AIM OF THE TASK —
Count up the lines below containing the word "Hextile", and give the result with no other words.

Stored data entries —

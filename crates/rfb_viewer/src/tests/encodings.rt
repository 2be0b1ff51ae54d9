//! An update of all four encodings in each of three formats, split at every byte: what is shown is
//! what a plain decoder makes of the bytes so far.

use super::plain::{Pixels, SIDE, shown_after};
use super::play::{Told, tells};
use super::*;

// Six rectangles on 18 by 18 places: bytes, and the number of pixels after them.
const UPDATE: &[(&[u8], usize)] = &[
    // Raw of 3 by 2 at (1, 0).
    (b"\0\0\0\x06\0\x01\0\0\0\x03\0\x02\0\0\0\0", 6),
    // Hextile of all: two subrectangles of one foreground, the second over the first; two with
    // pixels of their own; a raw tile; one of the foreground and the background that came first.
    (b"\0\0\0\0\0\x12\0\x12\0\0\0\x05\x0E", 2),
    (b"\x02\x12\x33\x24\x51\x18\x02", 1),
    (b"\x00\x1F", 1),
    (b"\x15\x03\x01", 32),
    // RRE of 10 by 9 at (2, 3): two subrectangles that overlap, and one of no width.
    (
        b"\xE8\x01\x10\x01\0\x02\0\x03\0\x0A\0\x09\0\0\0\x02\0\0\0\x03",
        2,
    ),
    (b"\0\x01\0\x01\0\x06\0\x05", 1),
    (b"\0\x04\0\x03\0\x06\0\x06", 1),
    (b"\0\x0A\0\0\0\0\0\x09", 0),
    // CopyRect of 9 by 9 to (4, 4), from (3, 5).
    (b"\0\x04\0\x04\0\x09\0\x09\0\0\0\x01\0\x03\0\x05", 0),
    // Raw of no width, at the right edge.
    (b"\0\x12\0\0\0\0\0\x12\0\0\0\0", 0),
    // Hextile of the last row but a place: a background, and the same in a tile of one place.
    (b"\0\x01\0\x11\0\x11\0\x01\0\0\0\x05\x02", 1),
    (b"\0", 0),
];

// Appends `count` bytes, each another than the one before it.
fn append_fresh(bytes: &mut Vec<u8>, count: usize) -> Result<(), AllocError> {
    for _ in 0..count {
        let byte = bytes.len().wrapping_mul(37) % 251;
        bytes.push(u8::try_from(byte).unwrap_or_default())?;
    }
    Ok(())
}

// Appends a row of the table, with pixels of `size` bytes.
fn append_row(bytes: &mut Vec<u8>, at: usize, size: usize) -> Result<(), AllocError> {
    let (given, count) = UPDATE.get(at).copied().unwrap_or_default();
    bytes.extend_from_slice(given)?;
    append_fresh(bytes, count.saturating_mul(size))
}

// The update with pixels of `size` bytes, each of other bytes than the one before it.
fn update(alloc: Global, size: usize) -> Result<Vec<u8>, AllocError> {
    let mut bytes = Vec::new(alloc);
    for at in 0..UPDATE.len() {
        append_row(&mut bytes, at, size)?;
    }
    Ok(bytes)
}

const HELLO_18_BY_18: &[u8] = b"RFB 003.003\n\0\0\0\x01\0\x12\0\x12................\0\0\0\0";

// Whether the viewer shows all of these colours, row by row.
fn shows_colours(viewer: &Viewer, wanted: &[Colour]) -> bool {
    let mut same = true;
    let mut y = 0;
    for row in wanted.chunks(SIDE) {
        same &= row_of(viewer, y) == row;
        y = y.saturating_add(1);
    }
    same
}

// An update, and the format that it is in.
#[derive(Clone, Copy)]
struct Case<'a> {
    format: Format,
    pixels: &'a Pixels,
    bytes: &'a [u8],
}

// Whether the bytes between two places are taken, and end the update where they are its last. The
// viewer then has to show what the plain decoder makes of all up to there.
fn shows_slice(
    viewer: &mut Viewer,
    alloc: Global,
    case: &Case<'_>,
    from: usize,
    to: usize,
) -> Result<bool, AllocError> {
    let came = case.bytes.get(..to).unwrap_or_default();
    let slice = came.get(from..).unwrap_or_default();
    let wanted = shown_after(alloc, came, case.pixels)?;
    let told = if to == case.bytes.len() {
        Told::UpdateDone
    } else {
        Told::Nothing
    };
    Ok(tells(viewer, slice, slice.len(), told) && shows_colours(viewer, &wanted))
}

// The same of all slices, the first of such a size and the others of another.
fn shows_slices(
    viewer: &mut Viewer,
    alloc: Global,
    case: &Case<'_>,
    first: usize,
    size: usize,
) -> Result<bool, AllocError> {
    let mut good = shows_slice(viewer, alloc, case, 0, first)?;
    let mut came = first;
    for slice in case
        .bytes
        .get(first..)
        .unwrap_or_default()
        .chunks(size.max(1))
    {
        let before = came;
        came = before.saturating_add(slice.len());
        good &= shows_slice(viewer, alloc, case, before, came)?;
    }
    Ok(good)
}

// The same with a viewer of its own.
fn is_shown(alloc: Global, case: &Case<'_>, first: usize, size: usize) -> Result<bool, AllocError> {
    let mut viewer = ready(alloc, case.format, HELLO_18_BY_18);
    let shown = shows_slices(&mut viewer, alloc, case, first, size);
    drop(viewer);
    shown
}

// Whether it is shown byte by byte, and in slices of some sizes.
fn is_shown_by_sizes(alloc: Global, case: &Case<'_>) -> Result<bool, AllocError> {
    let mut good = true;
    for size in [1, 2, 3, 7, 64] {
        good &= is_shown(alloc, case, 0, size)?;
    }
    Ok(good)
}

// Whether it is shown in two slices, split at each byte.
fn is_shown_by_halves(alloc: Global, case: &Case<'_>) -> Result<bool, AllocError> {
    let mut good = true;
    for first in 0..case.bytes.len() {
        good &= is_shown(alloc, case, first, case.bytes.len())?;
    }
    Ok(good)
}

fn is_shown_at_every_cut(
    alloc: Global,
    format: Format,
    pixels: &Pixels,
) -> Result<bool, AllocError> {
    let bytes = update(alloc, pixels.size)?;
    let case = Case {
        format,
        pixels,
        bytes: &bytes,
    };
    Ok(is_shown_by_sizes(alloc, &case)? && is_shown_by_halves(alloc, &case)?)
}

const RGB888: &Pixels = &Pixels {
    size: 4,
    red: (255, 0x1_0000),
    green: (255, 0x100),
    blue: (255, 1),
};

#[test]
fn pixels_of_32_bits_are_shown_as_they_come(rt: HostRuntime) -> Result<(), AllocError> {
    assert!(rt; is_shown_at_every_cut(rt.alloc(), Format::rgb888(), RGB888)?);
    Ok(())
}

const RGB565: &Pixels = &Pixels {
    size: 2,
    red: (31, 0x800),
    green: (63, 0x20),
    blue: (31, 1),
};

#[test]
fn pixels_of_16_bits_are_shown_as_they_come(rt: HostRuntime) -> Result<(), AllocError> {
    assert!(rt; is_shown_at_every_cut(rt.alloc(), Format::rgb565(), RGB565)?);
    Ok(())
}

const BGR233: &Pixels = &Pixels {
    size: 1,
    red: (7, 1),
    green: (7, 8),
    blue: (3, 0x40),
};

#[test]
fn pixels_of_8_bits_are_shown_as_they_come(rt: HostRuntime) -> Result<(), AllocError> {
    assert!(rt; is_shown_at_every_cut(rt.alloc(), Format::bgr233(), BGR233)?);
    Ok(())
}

RESPONSE TO THE TASK —
2